Asset Allocation Weekly (May 25, 2018)

by Asset Allocation Committee

Last week we discussed the general idea of secular versus cyclical trends.  This week we will look at these concepts with regard to longer duration fixed income.

The goal of theory is always to simplify.  Theorizing is all about taking complex phenomena and reducing it to basic elements that can guide us in estimating the future.  However, as Albert Einstein noted, “Everything should be made as simple as possible, but not simpler.”  The yield on sovereign debt instruments should be a function of the policy rate and inflation expectations.  The longer the duration of the instrument, the more important inflation expectations are to the yield.  However, specific historical conditions do count.  For example, a nation’s credit risk can change over time; government borrowing behavior can play a role.  Even geopolitical risks can matter; Tsarist bonds traded at 95 rubles to par of 100 in late 1914, only to have the debt later repudiated by the Bolsheviks.[1]  Thus, secular trends can abruptly change if underlying conditions adjust significantly.

The above chart looks at inflation trends and the yield on 10-year T-notes.  For inflation, we use CPI from 1915 to the present; the data prior is the General Price Index.  Although not perfectly equivalent, the two indices do give general insight into inflation.  We have added a 10-year average of yields and a 15-year average of inflation to highlight the trends in the data.

Inflation behavior until the 1930s was rather erratic.  This was because the U.S. was on the gold standard and the money supply was partly driven by mining activity and partly driven by industrial activity.  In other words, deflation is highly likely if the money supply is fixed while output is rising rapidly (as was the case during the industrial revolution).

These charts show the behavior of our inflation series; the chart on the left shows the dispersion during the years 1810 until June 1933, when President Roosevelt ended the ability of citizens to hold gold.  The average inflation rate over this time frame was a mere 0.5%; however, range was wide.  Note that the highest rate recorded was 34.4% during the Civil War and the lowest was 16.2% during a downturn after there was a lull in public investment.  During this period, deflation occurred almost 53% of the time.  After June 1933, the average inflation rate rose to 3.6% but the range narrowed significantly, from 19.7% after WWII to a low of -4.1% during the 1936-37 recession.  Deflation only occurred 6.5% of the time after Roosevelt ended the gold standard.  Economists discovered that people have an asymmetric response to inflation and deflation—rising prices tend to spur buying which supports growth, while deflation can lead consumers to stop buying in anticipation of even lower future prices.

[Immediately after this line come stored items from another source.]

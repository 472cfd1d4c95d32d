//! What a checkpoint makes of a journal, and what a crash leaves of it where a call fails.

ghost use Rattle.std.specs.Prelude.{◌≤◌, IfOk};
ghost use Rattle.feature_journal.specs.Nothing.{Unused};

use crate::crashes::leaves;
use checkpoints::{CompactFault, RecordSource, compact};
use disk_core::{Disk, MemDisk, Pair};
use feature_journal::Journal;
use std::alloc::Global;
use std::test::Fail;
use wfs_ends::{Failed, Mem, OutOfMemory};

// The record `hi`, and then the record `ho`, each of which is left or not.
#[derive(Drop)]
struct Greetings {
    hi: bool,
    ho: bool,
}

impl RecordSource for Greetings {
    ghost use Rattle.std.specs.Prelude.{[], ◌∷◌, ◌++◌, if◌then◌else◌};

    ghost left = { λ s. (if s.hi then (104 ∷ 105 ∷ []) ∷ [] else [])
        ++ (if s.ho then (104 ∷ 111 ∷ []) ∷ [] else []) };

    fn next_body(&mut self, into: &mut Vec<u8>) -> Mem<bool> {
        into.clear();
        if self.hi {
            into.extend_from_slice(b"hi")?;
            self.hi = false;
            Ok(true)
        } else if self.ho {
            into.extend_from_slice(b"ho")?;
            self.ho = false;
            Ok(true)
        } else {
            Ok(false)
        }
    }
}

fn both() -> Greetings {
    Greetings { hi: true, ho: true }
}

// The record `hi`, which is left or not, and behind it `ho`, for which there is never memory.
#[derive(Drop)]
struct Cramped {
    hi: bool,
}

impl RecordSource for Cramped {
    ghost use Rattle.std.specs.Prelude.{[], ◌∷◌, ◌++◌, if◌then◌else◌};

    ghost left = { λ s. (if s.hi then (104 ∷ 105 ∷ []) ∷ [] else [])
        ++ ((104 ∷ 111 ∷ []) ∷ []) };

    fn next_body(&mut self, into: &mut Vec<u8>) -> Mem<bool> {
        into.clear();
        if self.hi {
            into.extend_from_slice(b"hi")?;
            self.hi = false;
            Ok(true)
        } else {
            Err(OutOfMemory)
        }
    }
}

// An empty disk. The calls that are listed fail, and all from the stop on.
fn empty_disk(alloc: Global, failing: &[u64], stop: Option<u64>) -> Mem<MemDisk>
    ensures { IfOk result (λ m. Unused (⟦<MemDisk as Disk>⟧.images m)) }
{
    let mut listed = Vec::new(alloc);
    listed.extend_from_slice(failing)?;
    MemDisk::new(alloc, Vec::new(alloc), 60, 200, listed, stop)
}

// A checkpoint of these records over a fresh journal: what it answers, and the journal.
fn run<D: Disk + Drop, R: RecordSource>(
    alloc: Global,
    disks: Pair<D>,
    limit: u64,
    records: &mut R,
) -> Result<(Result<(), CompactFault>, Journal<D>), Failed>
    requires unused { Unused (D.images disks.a) × Unused (D.images disks.b) }
    requires limit { (17 ≤ limit) × (limit ≤ 200) }
{
    match Journal::fresh(disks, limit) {
        Err(_) => Err(Failed),
        Ok(journal) => {
            let mut journal = journal;
            let answer = compact(alloc, &mut journal, records);
            Ok((answer, journal))
        }
    }
}

// A checkpoint of both greetings, and another one behind it: what that one answers, and the journal.
fn run_twice<D: Disk + Drop>(
    alloc: Global,
    disks: Pair<D>,
    limit: u64,
) -> Result<(Result<(), CompactFault>, Journal<D>), Failed>
    requires unused { Unused (D.images disks.a) × Unused (D.images disks.b) }
    requires limit { (17 ≤ limit) × (limit ≤ 200) }
{
    match Journal::fresh(disks, limit) {
        Err(_) => Err(Failed),
        Ok(journal) => {
            let mut journal = journal;
            match compact(alloc, &mut journal, &mut both()) {
                Err(_) => Err(Failed),
                Ok(()) => {
                    let answer = compact(alloc, &mut journal, &mut both());
                    Ok((answer, journal))
                }
            }
        }
    }
}

// side a, of generation 1 with no record: no call of a checkpoint changes it
const FIRST: &[u8] = b"\x01WFSJNL\x01\0\0\0\0\0\0\0\x01\0";

// generation 2 with both records, behind an open byte 0 and a closed one
const MADE: &[u8] = b"\x01WFSJNL\x01\0\0\0\0\0\0\0\x02\x01\0\0\0\x02hi\x01\0\0\0\x02ho\0";

const CLOSED: &[u8] = b"\0WFSJNL\x01\0\0\0\0\0\0\0\x02\x01\0\0\0\x02hi\x01\0\0\0\x02ho\0";

// The call from which on side b fails, whether the checkpoint is made, whether its side is begun, how many writes since the
// last sync a crash keeps, and what it leaves of side b. The calls are a read, byte 0 and a sync; the cut and the head; the
// two records; the closed gate and a sync; byte 0 and a sync. Side a is left as it is.
static STOPS: &[(u64, bool, bool, u32, &[u8])] = &[
    (0, false, false, 9, b""),
    (1, false, false, 9, b""),
    (2, false, false, 0, b""),
    (2, false, false, 9, b"\0"),
    (3, false, false, 9, b"\0"),
    (4, false, false, 9, b"\0"),
    (5, false, false, 9, b"\0WFSJNL\x01\0\0\0\0\0\0\0\x02"),
    (
        6,
        false,
        false,
        9,
        b"\0WFSJNL\x01\0\0\0\0\0\0\0\x02\x01\0\0\0\x02hi",
    ),
    (
        7,
        false,
        false,
        9,
        b"\0WFSJNL\x01\0\0\0\0\0\0\0\x02\x01\0\0\0\x02hi\x01\0\0\0\x02ho",
    ),
    (8, false, false, 0, b"\0"),
    (8, false, false, 9, CLOSED),
    (9, false, true, 9, CLOSED),
    (10, false, true, 0, CLOSED),
    (10, false, true, 1, MADE),
    (11, true, false, 0, MADE),
];

fn ends_so(
    ran: (Result<(), CompactFault>, Journal<MemDisk>),
    is_made: bool,
    is_begun: bool,
    keep: u32,
    want: &[u8],
) -> bool {
    let (answer, journal) = ran;
    let is_as_told = answer.is_ok() == is_made && journal.is_begun() == is_begun;
    let Pair { a, b } = journal.into_disks();
    let is_left = leaves(a, keep, FIRST);
    let is_so = leaves(b, keep, want);
    is_as_told && is_left && is_so
}

fn first_left_otherwise(alloc: Global) -> Result<Option<usize>, Fail> {
    for (i, (call, is_made, is_begun, keep, want)) in STOPS.iter().enumerate() {
        let a = empty_disk(alloc, &[], None)?;
        let b = empty_disk(alloc, &[], Some(*call))?;
        let ran = run(alloc, Pair { a, b }, 100, &mut both())?;
        if !ends_so(ran, *is_made, *is_begun, *keep, want) {
            return Ok(Some(i));
        }
    }
    Ok(None)
}

// The first row that fails is None.
#[test]
fn each_call_may_fail(rt: HostRuntime) -> Result<(), Fail> {
    assert_eq!(rt; first_left_otherwise(rt.alloc())?, None);
    Ok(())
}

// What is answered, whether the side is begun, and the generation and the length then.
fn seen_of<D: Disk + Drop>(
    ran: (Result<(), CompactFault>, Journal<D>),
) -> (Result<(), CompactFault>, bool, u64, u64) {
    let (answer, journal) = ran;
    (
        answer,
        journal.is_begun(),
        journal.generation(),
        journal.side_length(),
    )
}

#[test]
fn a_checkpoint_is_as_long_as_its_records(rt: HostRuntime) -> Result<(), Fail> {
    let alloc = rt.alloc();
    let (a, b) = (empty_disk(alloc, &[], None)?, empty_disk(alloc, &[], None)?);
    let ran = run(alloc, Pair { a, b }, 31, &mut both())?;
    assert_eq!(rt; seen_of(ran), (Ok(()), false, 2, 31));
    Ok(())
}

#[test]
fn a_second_one_has_all_records_too(rt: HostRuntime) -> Result<(), Fail> {
    let alloc = rt.alloc();
    let (a, b) = (empty_disk(alloc, &[], None)?, empty_disk(alloc, &[], None)?);
    let ran = run_twice(alloc, Pair { a, b }, 31)?;
    assert_eq!(rt; seen_of(ran), (Ok(()), false, 3, 31));
    Ok(())
}

#[test]
fn a_longer_one_is_refused(rt: HostRuntime) -> Result<(), Fail> {
    let alloc = rt.alloc();
    let (a, b) = (empty_disk(alloc, &[], None)?, empty_disk(alloc, &[], None)?);
    let ran = run(alloc, Pair { a, b }, 30, &mut both())?;
    assert_eq!(rt; seen_of(ran), (Err(CompactFault::Full(31)), false, 1, 17));
    // up to the first record that passes the limit
    let (a, b) = (empty_disk(alloc, &[], None)?, empty_disk(alloc, &[], None)?);
    let ran = run(alloc, Pair { a, b }, 23, &mut both())?;
    assert_eq!(rt; seen_of(ran), (Err(CompactFault::Full(24)), false, 1, 17));
    Ok(())
}

#[test]
fn one_without_memory_for_a_record_is_refused(rt: HostRuntime) -> Result<(), Fail> {
    let alloc = rt.alloc();
    let (a, b) = (empty_disk(alloc, &[], None)?, empty_disk(alloc, &[], None)?);
    let ran = run(alloc, Pair { a, b }, 100, &mut Cramped { hi: true })?;
    assert_eq!(rt;
        seen_of(ran),
        (Err(CompactFault::OutOfMemory), false, 1, 17)
    );
    Ok(())
}
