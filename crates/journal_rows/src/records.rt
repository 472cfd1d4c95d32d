//! Bodies that were written by hand, byte by byte, from the format; what they say; and bytes that are none.

ghost use Rattle.std.specs.Prelude.{◌≤◌, length};
ghost use Rattle.journal_format.specs.RoundTrip.{IsSpelledBy};

use journal_format::{RecordFault, Recorded, put_record, read_record, record_length};
use said::said;
use std::alloc::Global;
use wfs_ends::{Mem, Text};

mod said;

/// The first opening, with the signature of a schema.
const OPENING: &[u8] =
    b"\x01\0\0\0\0\0\0\0\x01\0\0\0\x59Mark(label:text,size:integer,place:point);Field(name:text,area:polygon);Way(course:line);";

/// The insert of a mark that has a label alone.
const INSERT: &[u8] = b"\x02\0\0\0\x01\x01\0\0\0\0\0\0\0\0\0\x01\0\x03\x01\0\0\0\x01A\0\0";

/// A feature with a value of each kind, and one that goes.
const ROWS: &[u8] = &[
    2, 0, 0, 0, 2, // two parts
    1, 0, 1, 0, 0, 0, 0, 0, 0, 0, 7, 0, 9, // nine values of the feature 7 of type 1
    0, // null
    1, 0, 0, 0, 2, 195, 169, // é
    2, 0, 0, 0, 0, 0, 0, 1, 2, // 258
    2, 255, 255, 255, 255, 255, 255, 255, 254, // -2
    3, 1, // true
    3, 0, // false
    4, 0, 0, 0, 1, 255, 255, 255, 255, // 1 -1
    5, 0, 0, 0, 2, // a line
    0, 0, 0, 0, 0, 0, 0, 0, // 0 0
    196, 101, 54, 0, 59, 154, 202, 0, // -1,000,000,000 1,000,000,000
    6, 0, 0, 0, 2, // a polygon with a hole
    0, 0, 0, 4, 0, 0, 0, 0, 0, 0, 0, 0, 0, 0, 0, 9, 0, 0, 0, 0, // 0 0, 9 0
    0, 0, 0, 0, 0, 0, 0, 9, 0, 0, 0, 0, 0, 0, 0, 0, // 0 9, 0 0
    0, 0, 0, 4, 0, 0, 0, 1, 0, 0, 0, 1, 0, 0, 0, 2, 0, 0, 0, 1, // 1 1, 2 1
    0, 0, 0, 1, 0, 0, 0, 2, 0, 0, 0, 1, 0, 0, 0, 1, // 1 2, 1 1
    2, 0, 0, 0, 0, 0, 0, 0, 0, 1, 0, // the feature 256 of type 0 goes
];

/// A stored query with two parameters and no title.
const CREATED: &[u8] =
    b"\x03\0\0\0\x01\0\0\0\x01q\0\0\0\0\0\0\0\x02\0\0\0\x01a\0\0\0\x02bc\0\0\0\x04<x/>";

/// That query goes.
const DROPPED: &[u8] = b"\x04\0\0\0\x01q";

/// The third opening, and how many numbers were given of two types: 7, and 1,000,000,000,000.
const BASE: &[u8] = b"\x05\0\0\0\0\0\0\0\x03\0\x02\0\0\0\0\0\0\0\x07\0\0\0\xe8\xd4\xa5\x10\0";

static BODIES: [&[u8]; 6] = [OPENING, INSERT, ROWS, CREATED, DROPPED, BASE];

/// Whether what was read of a body is put as that body, and is counted to be as long.
fn is_put_again(alloc: Global, recorded: &Recorded, body: &[u8]) -> Mem<bool>
    requires spelled { IsSpelledBy recorded.now body.now }
    requires short { length body.now ≤ 4_294_967_295 }
{
    let none = Text::of(alloc, "")?;
    let signature = match &recorded.signature {
        Some(signature) => signature,
        None => &none,
    };
    let mut into = Vec::new(alloc);
    put_record(&recorded.change, signature, &mut into)?;
    Ok(into.as_slice() == body && record_length(&recorded.change, signature) == body.len() as u64)
}

/// Whether a body says what it should, and is put again as it is.
fn is_body(alloc: Global, place: usize, body: &[u8]) -> Result<bool, RecordFault> {
    let recorded = read_record(alloc, body)?;
    Ok(
        recorded == said(alloc, place)?
            && body.len() < 1000
            && is_put_again(alloc, &recorded, body)?,
    )
}

/// The first body that is read or put otherwise.
fn first_unlike(alloc: Global) -> Result<Option<usize>, RecordFault> {
    for place in 0..BODIES.len() {
        if !is_body(alloc, place, BODIES[place])? {
            return Ok(Some(place));
        }
    }
    Ok(None)
}

#[test]
fn bodies_are_read_and_put(rt: HostRuntime) {
    assert_eq!(rt; first_unlike(rt.alloc()), Ok(None));
}

/// Why these bytes are no body, or nothing.
fn fault_of(alloc: Global, bytes: &[u8]) -> Option<RecordFault> {
    match read_record(alloc, bytes) {
        Ok(_) => None,
        Err(fault) => Some(fault),
    }
}

/// The first length at which the front of a body is not told to be cut.
fn first_uncut(alloc: Global, body: &[u8]) -> Option<usize> {
    for size in 0..body.len() {
        if fault_of(alloc, &body[..size]) != Some(RecordFault::Cut) {
            return Some(size);
        }
    }
    None
}

/// The first body of which some front is not told to be cut.
fn first_uncut_body(alloc: Global) -> Option<usize> {
    for place in 0..BODIES.len() {
        if first_uncut(alloc, BODIES[place]).is_some() {
            return Some(place);
        }
    }
    None
}

#[test]
fn fronts_of_bodies_are_cut(rt: HostRuntime) {
    assert_eq!(rt; first_uncut_body(rt.alloc()), None);
}

/// Bytes that are no body, and why.
static WRONG: [(&[u8], RecordFault); 20] = [
    (b"", RecordFault::Cut),
    (b"\0", RecordFault::Kind),
    (b"\x06", RecordFault::Kind),
    // a part is of no kind
    (b"\x02\0\0\0\x01\0", RecordFault::Kind),
    (b"\x02\0\0\0\x01\x03", RecordFault::Kind),
    // no text
    (b"\x04\0\0\0\x01\xff", RecordFault::Kind),
    (b"\x01\0\0\0\0\0\0\0\x01\0\0\0\x01\xc3", RecordFault::Kind),
    // more bytes are told than there are
    (b"\x04\xff\xff\xff\xffa", RecordFault::Cut),
    // a length and a number of parts with their lowest byte first
    (b"\x04\x01\0\0\0q", RecordFault::Cut),
    (
        b"\x02\x01\0\0\0\x02\0\0\0\0\0\0\0\0\0\x01",
        RecordFault::Cut,
    ),
    // a byte stands behind each kind of body
    (b"\x01\0\0\0\0\0\0\0\x01\0\0\0\0\0", RecordFault::Trailing),
    (b"\x02\0\0\0\0\0", RecordFault::Trailing),
    (b"\x03\0\0\0\0\0", RecordFault::Trailing),
    (b"\x04\0\0\0\x01qq", RecordFault::Trailing),
    (b"\x05\0\0\0\0\0\0\0\x01\0\0\0", RecordFault::Trailing),
    // the value of a mark is of no kind, is the boolean 2, a position too far off, a line of one position, and a
    // polygon of no ring
    (
        b"\x02\0\0\0\x01\x01\0\0\0\0\0\0\0\0\0\x01\0\x01\x07",
        RecordFault::Kind,
    ),
    (
        b"\x02\0\0\0\x01\x01\0\0\0\0\0\0\0\0\0\x01\0\x01\x03\x02",
        RecordFault::Kind,
    ),
    (
        b"\x02\0\0\0\x01\x01\0\0\0\0\0\0\0\0\0\x01\0\x01\x04\0\0\0\0\x3b\x9a\xca\x01",
        RecordFault::Kind,
    ),
    (
        b"\x02\0\0\0\x01\x01\0\0\0\0\0\0\0\0\0\x01\0\x01\x05\0\0\0\x01\0\0\0\0\0\0\0\0",
        RecordFault::Kind,
    ),
    (
        b"\x02\0\0\0\x01\x01\0\0\0\0\0\0\0\0\0\x01\0\x01\x06\0\0\0\0",
        RecordFault::Kind,
    ),
];

/// The number of the first row that is read otherwise.
fn first_wrong(alloc: Global) -> Option<usize> {
    for i in 0..WRONG.len() {
        let (bytes, fault) = WRONG[i];
        if fault_of(alloc, bytes) != Some(fault) {
            return Some(i);
        }
    }
    None
}

#[test]
fn what_is_no_body_is_refused(rt: HostRuntime) {
    assert_eq!(rt; first_wrong(rt.alloc()), None);
}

It would be reasonable to assume that longer duration yields would be rather low during the period when deflation was common.  In fact, they averaged 4.6% in the years from 1810 to 1933.  Yields remained low during the Great Depression, and, during WWII, the Treasury forced the Federal Reserve to keep rates low to reduce borrowing costs.  Thus, the “modern era” really begins in March 1951 with the Federal Reserve-Treasury accord.  That pact allowed the Federal Reserve to set interest rates based on economic conditions.  In theory, central bank independence is generally thought to lead to better inflation control.  In the absence of an external restraint on money creation, i.e., gold, central bank independence should create conditions of better inflation control.  However, from the 1950s into the early 1980s, the Federal Reserve raised short term interest rates to try to quell steadily rising inflation.  Since the policy rate acts as an anchor for longer duration instruments, T-note yields rose during this period.  The average yield on T-notes from March 1951 to the present is 5.1%.  However, as the above charts show, long-duration rates steadily rose until the early 1970s and then rose rapidly with each business cycle until peaking in late 1981.  By the late 1970s, policymakers were moving aggressively to contain inflation through strict monetary policy, deregulation and globalization.  Those policies triggered a secular bull market in bonds that continues to this day.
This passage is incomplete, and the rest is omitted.